Although the syndrome is well known and extensively documented, it is poorly understood. However, this picture is changing as a team of researchers based in New York and Chicago in the US have revealed a gene involved in male hormone production called DENND1A, which plays a major role in the development of PCOS.
The research team, in the first study of its kind to use family-based genetic analysis to investigate the causes of PCOS, sequenced the DNA of members of 62 families with a history of PCOS. They found that the rare DENND1A gene was present in at least half of participants, suggesting a genetic basis for the disease and explaining why it might be inherited.
Lead researcher Professor Andrea Dunaif of New York’s Mount Sinai Hospital said, “Our best understanding now is this strong genetic susceptibility of PCOS. It’s very, very common and that’s why we see so much of it. The hope would be that with genetic testing we may be able to identify high-risk people and start measures early.”
Professor Dunaif believes that understanding the genetic factors that contribute to PCOS could help predict who is going to get PCOS, and could lead to targeted personalised therapies in the future.

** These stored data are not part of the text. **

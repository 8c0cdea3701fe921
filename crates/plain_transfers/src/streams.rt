//! Bytes through a channel.
ghost use Rattle.std.specs.Prelude.{◌≡◌, ◌≤◌, length, min, IfOk, OnOk};
ghost use Rattle.std.specs.FinMap as map;
ghost use Rattle.sys_abi.specs.declared.transfer.TheConstants.{TRANSFER_LIMIT};
ghost use Rattle.plain_machine.specs.OfPlainTables.Tables.{changed_at};
ghost use Rattle.plain_machine.specs.Answers.{RowTold, KeepsUnlessGives};
ghost use Rattle.plain_machine.specs.Transfers.Streams as words;

use crate::bytes::{append, drop_first, first_bytes};
use crate::moving::{break_pipe, gift};
use id_maps::ByDir;
use plain_machine::PlainKernel;
use plain_machine::plain_tables::Direction;
use plain_machine::plain_tables::answer::{Attempt, RowResult};
use std::alloc::{AllocError, Global};
use sys_abi::errors::{ENOTCONN, EPIPE};
use sys_abi::{Dir, Tid, VPid};

/// A direction holds at most so many bytes.
const DIRECTION_LIMIT: usize = 65_536;

fn is_broken(direction: &Direction) -> bool
    ensures { result ≡ words.is_broken direction.now }
{
    direction.ended || direction.unread
}

/// Whether a read of so many bytes from the direction has an answer yet.
pub fn is_receivable(kernel: &PlainKernel, from: Dir, count: u32) -> bool
    ensures { result ≡ words.is_receivable count (map.get kernel.now.directions from) }
{
    match kernel.directions.get(from) {
        None => true,
        Some(direction) => {
            count == 0 || direction.arrived > 0 || is_broken(direction) && direction.left.len() == 0
        }
    }
}

/// Whether a write of so many bytes into the direction has an answer yet.
pub fn is_sendable(kernel: &PlainKernel, to: Dir, count: u32) -> bool
    ensures { result ≡ words.is_sendable count (map.get kernel.now.directions to) }
{
    match kernel.directions.get(to) {
        None => true,
        Some(direction) => {
            count == 0 || is_broken(direction) || direction.left.len() < DIRECTION_LIMIT
        }
    }
}

/// A read of at most so many bytes from the direction.
#[tactic(auto, unfolding(plain_machine::specs::Transfers::Streams::read_stream, plain_process::specs::Attempts::and_then, plain_process::specs::Attempts::found))]
pub fn read_stream(kernel: &mut PlainKernel, alloc: Global, from: Dir, count: u32) -> RowResult
    requires { count ≤ TRANSFER_LIMIT }
    ensures row { IfOk result (RowTold (words.read_stream kernel.old from count) kernel.new) }
    ensures kept { IfOk result (λ attempt. KeepsUnlessGives attempt kernel.old kernel.new) }
{
    let Some(direction) = kernel.directions.get(from) else {
        return Ok(Attempt::fails(ENOTCONN));
    };
    let arrived = (count as u64).min(direction.arrived) as usize;
    let bytes = first_bytes(alloc, direction.left.as_slice(), arrived)?;
    drop_at(&mut kernel.directions, alloc, from, arrived);
    Ok(gift(bytes))
}

fn drop_at(directions: &mut ByDir<Direction>, alloc: Global, at: Dir, count: usize)
    ensures { directions.new ≡ changed_at directions.old at (words.without_front count) }
{
    if let Some(direction) = directions.get_mut(at) {
        drop_bytes(direction, alloc, count);
    }
}

fn drop_bytes(direction: &mut Direction, alloc: Global, count: usize)
    ensures { direction.new ≡ words.without_front count direction.old }
{
    drop_first(&mut direction.left, alloc, count);
    direction.arrived = direction.arrived.saturating_sub(count as u64);
}

/// A write of these bytes, by a thread that asks for so many, into the direction.
#[tactic(auto, unfolding(plain_machine::specs::Transfers::Streams::write_stream, plain_process::specs::Attempts::and_then, plain_process::specs::Attempts::found))]
pub fn write_stream(
    kernel: &mut PlainKernel,
    alloc: Global,
    p: VPid,
    t: Tid,
    to: Dir,
    count: u32,
    given: &[u8],
) -> RowResult
    requires { length given.now ≤ TRANSFER_LIMIT }
    ensures row { IfOk result (RowTold (words.write_stream kernel.old p t.0 to count given.now) kernel.new) }
    ensures kept { IfOk result (λ attempt. KeepsUnlessGives attempt kernel.old kernel.new) }
{
    let Some(direction) = kernel.directions.get(to) else {
        return Ok(Attempt::fails(EPIPE));
    };
    if count == 0 {
        return Ok(Attempt::value(alloc, 0));
    }
    if is_broken(direction) {
        return break_pipe(kernel, alloc, p, t);
    }
    let bytes = fitting(direction, given);
    append_at(&mut kernel.directions, alloc, to, bytes)?;
    Ok(Attempt::value(alloc, bytes.len() as u32))
}

/// As many of the first bytes as have room.
fn fitting<'a>(direction: &Direction, given: &'a [u8]) -> &'a [u8]
    ensures { result.now ≡ words.fitting_bytes given.now direction.now }
{
    let room = DIRECTION_LIMIT.saturating_sub(direction.left.len());
    &given[..room.min(given.len())]
}

fn append_at(
    directions: &mut ByDir<Direction>,
    alloc: Global,
    at: Dir,
    bytes: &[u8],
) -> Result<(), AllocError>
    ensures { OnOk result (directions.new ≡ changed_at directions.old at (words.with_sent bytes.now)) }
{
    match directions.get_mut(at) {
        None => Ok(()),
        Some(direction) => append_bytes(direction, alloc, bytes),
    }
}

fn append_bytes(direction: &mut Direction, alloc: Global, bytes: &[u8]) -> Result<(), AllocError>
    ensures { OnOk result (direction.new ≡ words.with_sent bytes.now direction.old) }
{
    append(&mut direction.left, alloc, bytes)
}
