//! Lookups from outside, each in a section of its own.

ghost use Rattle.std.specs.Prelude.{◌≡◌, ◌<◌, ◌+◌, ◌^◌, IfSome, IsTrue};
ghost use Rattle.passive_list.specs.Types.{Exit, Done, Cpu};
ghost use Rattle.cpu_words.specs.Common.{AreWordsOf, IsRowOf, key_with, SeatMakes, MayExit, HasExited};
ghost use Rattle.passive_list.specs.Lookups.{HasFoundFromOutside, entry_seen};
ghost use Rattle.passive_list.specs.Cpus.{may_begin};

use crate::lookup::{Seen, look_up};
use crate::plain_cpu::PlainCpu;
use cpu_words::{CpuSeat, Row, Words, steps};
use registry_values::{Kind, MOST_SLOTS, Name};

/// Looks an entry up in a read section of its own (pserialize(9)), and returns its words, or `None` if none was found: an enter, a find and
/// an exit in one. It doesn't write the depth and the last found entry, which a CPU keeps for calls in a section. Each result has an exit
/// of its own: one for both would carry more words past it.
/// Conditions: the words are the CPU's table's; it is outside, and has a section left (`may_begin_on`).
#[inline(always)]
pub fn find_from_outside(words: &Words, cpu: &mut PlainCpu, kind: Kind, name: Name) -> Option<Seen>
    requires words { AreWordsOf words.now cpu.old.words.table cpu.old.words.settings }
    requires outside { cpu.old.cpu.depth ≡ 0 }
    requires room { IsTrue (may_begin cpu.old.cpu.view) }
    ensures found { HasFoundFromOutside (key_with kind name) cpu.old.cpu cpu.new.cpu (entry_seen (key_with kind name) result) }
    ensures slot { IfSome result (λ seen. (seen.slot < MOST_SLOTS) × (seen.slot < cpu.old.words.settings.slots)) }
    ensures words { cpu.new.words ≡ cpu.old.words }
{
    steps::enter(words, &mut cpu.seat, cpu.row);
    let Some(seen) = look_up(words, &mut cpu.seat, cpu.row.cpu, kind, name) else {
        exit_counted(words, &mut cpu.seat, cpu.row, &mut cpu.ended);
        return None;
    };
    exit_counted(words, &mut cpu.seat, cpu.row, &mut cpu.ended);
    Some(seen)
}

/// Ends the section by the CPU's seat, and counts it as ended.
fn exit_counted(words: &Words, seat: &mut CpuSeat, row: Row, ended: &mut u64)
    requires table { seat.old.table ≡ words.now.table }
    requires cpu { (row.cpu < words.now.settings.cpus) × (seat.old.view.id ≡ row.cpu) }
    requires row { IsRowOf words.now.settings.slots row }
    requires may { MayExit seat.old.view }
    requires room { ended.old < 2 ^ 63 }
    ensures step { SeatMakes Cpu (Exit row.cpu) Done seat.old seat.new }
    ensures change { HasExited seat.old.view seat.new.view }
    ensures count { ended.new ≡ ended.old + 1 }
{
    steps::exit(words, seat, row);
    *ended += 1;
}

Professor Dunaif added, “When we understand the genetic pathways that are involved, we can develop drugs to target them. It may be that the gene variants that we’re discovering, which are mainly in the parts of DENND1A, regulate the amount of it that is produced in tissues and maybe some of the structure, If we understand that, then we may be able to come up with ways to alter the increase in DENND1A activity that happens in PCOS and treat the disease itself and even cure a number of patients.”
This is potentially good news for future sufferers of this common but poorly understood condition. Currently, women in the US can see as many as 4 physicians in order to get a firm diagnosis, and treatments only deal with the symptoms of PCOS, as there is no cure. Hopefully this new research will provide a vital key in unlocking the mysteries of PCOS and will provide a path to more effective treatments in the future.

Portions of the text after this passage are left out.